2.2 Long-Term Memory

Extraction Model (All Supported Regions)
OpenAI gpt-oss-120b
Embedding Model

The embedding model used to store extracted memories as searchable vectors depends on the Project region:

Region Region Code Embed Model
Brazil East (Sao Paulo) sa-saopaulo-1 Cohere Embed Multilingual 3
Germany Central (Frankfurt) eu-frankfurt-1 Cohere Embed Multilingual 3
UK South (London) uk-london-1 Cohere Embed Multilingual 3
India South (Hyderabad) ap-hyderabad-1 Cohere Embed Multilingual Image 3
US East (Ashburn) (cross region to US Midwest (Chicago)

See external calls

us-ahsburn-1 (cross region to us-chicago-1) Cohere Embed 4
Japan Central (Osaka) ap-osaka-1 Cohere Embed 4
Saudi Arabia Central (Riyadh) me-riyadh-1 Cohere Embed 4
US Midwest (Chicago) us-chicago-1 Cohere Embed 4
US West (Phoenix) (cross region to US Midwest (Chicago)

See external calls

us-phoenix-1 (cross region to us-chicago-1) Cohere Embed 4

Notes and Known Limitations

  • UAE East (Dubai): Agentic API isn’t available in this region.
  • Availability: Regions listed for agentic inference models on this page indicate where agentic features are supported. Individual model availability might still vary within those regions.

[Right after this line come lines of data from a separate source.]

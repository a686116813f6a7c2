//! Möbius values, polynomials, points and constants of three lines in a plane of which two are parallel, worked by hand.

use crate::samples::{three_lines, two_parallel_lines_and_one};
use hp_arr::Aff;
use hp_mobius::{characteristic, moebius, poincare, triple};
use std::test::Fail;

#[test]
fn values_and_polynomials(rt: HostRuntime) -> Result<(), Fail> {
    let alloc = rt.alloc();
    let aff = two_parallel_lines_and_one(&rt, alloc)?;
    let values = moebius(alloc, &aff)?;
    let wanted = [1, -1, -1, -1, 1, 1];
    assert_eq!(rt; values.len(), 6);
    for k in 0..6 {
        assert_eq!(rt; values[k].1, wanted[k]);
    }
    assert_eq!(rt; poincare(alloc, &aff)?.as_slice(), [1, 3, 2].as_slice());
    assert_eq!(rt;
        characteristic(alloc, &aff)?.as_slice(),
        [2, -3, 1].as_slice()
    );
    Ok(())
}

/// The second line does not meet the first: the restriction has one point alone.
#[test]
fn triple_of_the_first(rt: HostRuntime) -> Result<(), Fail> {
    let alloc = rt.alloc();
    let aff = two_parallel_lines_and_one(&rt, alloc)?;
    assert_eq!(rt; aff.len(), 3);
    assert_eq!(rt; aff.dim(), 2);
    let pi = triple(alloc, &aff, 1)?;
    assert_eq!(rt; pi.whole.as_slice(), [1, 3, 2].as_slice());
    assert_eq!(rt; pi.deleted.as_slice(), [1, 2, 1].as_slice());
    assert_eq!(rt; pi.restricted.as_slice(), [1, 1].as_slice());
    let restriction = aff.restrict(alloc, 1)?;
    assert_eq!(rt; restriction.len(), 1);
    assert_eq!(rt; restriction.dim(), 1);
    Ok(())
}

#[test]
fn points_and_constants(rt: HostRuntime) -> Result<(), Fail> {
    let alloc = rt.alloc();
    let aff = two_parallel_lines_and_one(&rt, alloc)?;
    let point = aff.least_point_off(alloc)?;
    assert_eq!(rt; point.len(), 2);
    assert_eq!(rt; point[0].residue(), 2);
    assert_eq!(rt; point[1].residue(), 1);
    assert!(rt; !aff.is_central());
    assert!(rt; aff.central(alloc)?.is_none());
    assert_eq!(rt; aff.len(), 3);
    let second = aff.delete(alloc, 2)?;
    assert!(rt; second.is_central());
    assert!(rt; second.central(alloc)?.is_some());
    assert_eq!(rt; aff.dim(), 2);
    assert_eq!(rt; aff.value(2, &point).residue(), 1);
    Ok(())
}

/// The rows of a central arrangement have constants zero, and give it back.
#[test]
fn rows_of_a_central_one(rt: HostRuntime) -> Result<(), Fail> {
    let alloc = rt.alloc();
    let aff = Aff::of(alloc, &three_lines(&rt, alloc)?)?;
    assert_eq!(rt; aff.len(), 3);
    let row = aff.row(3);
    assert_eq!(rt; row.len(), 3);
    assert_eq!(rt; row[0].residue(), 1);
    assert_eq!(rt; row[1].residue(), 30);
    assert_eq!(rt; row[2].residue(), 0);
    assert!(rt; aff.central(alloc)?.is_some());
    Ok(())
}
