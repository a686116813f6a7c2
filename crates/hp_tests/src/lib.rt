//! Tests of the public calls of the crates, a file a crate: of those that take memory, each once, and of values worked by
//! hand. What a script reaches is tested by scripts, on the built program, and polynomials and their vectors have a crate
//! of tests of their own. It has no code of its own: the crates below are proved once, without tests, and what their
//! tests share stands here.
#![tactic(auto)]

#[cfg(test)]
mod affine;
#[cfg(test)]
mod algebra;
#[cfg(test)]
mod circuits;
#[cfg(test)]
mod complex;
#[cfg(test)]
mod exterior;
#[cfg(test)]
mod flats;
#[cfg(test)]
mod linear;
#[cfg(test)]
mod modp;
#[cfg(test)]
mod orlik_solomon;
#[cfg(test)]
mod sample;
#[cfg(test)]
mod samples;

External Calls to Google Models

Important

External Calls to Google Gemini 2.5 Pro for US Regions

The Google Gemini 2.5 Pro model that can be accessed through the OCI Generative AI service in US regions, are hosted externally by Google. Therefore, a call to a Google Gemini 2.5 Pro model (through the OCI Generative AI service) results in a call to a Google location. For Google Gemini 2.5 Pro, a Google Americas regional location is used, which routes the request to only a Google Americas location. Machine Learning Processing takes place within a Google Americas location.

Important

External Calls to Gemini 2.5 Flash for US Regions

The Gemini 2.5 Flash model that can be accessed through the OCI Generative AI service in US regions, are hosted externally by Google. Therefore, a call to a Gemini 2.5 Flash model (through the OCI Generative AI service) results in a call to a Google location. For Gemini 2.5 Flash, a Google Americas regional location is used, which routes the request to only a Google Americas location. Machine Learning Processing takes place within a Google Americas location.

Important

External Calls to Gemini 2.5 Flash-Lite for US Regions

The Gemini 2.5 Flash-Lite model that can be accessed through the OCI Generative AI service in US regions, are hosted externally by Google. Therefore, a call to a Gemini 2.5 Flash-Lite model (through the OCI Generative AI service) results in a call to a Google location. For Gemini 2.5 Flash-Lite, a Google Americas regional location is used, which routes the request to only a Google Americas location. Machine Learning Processing takes place within a Google Americas location.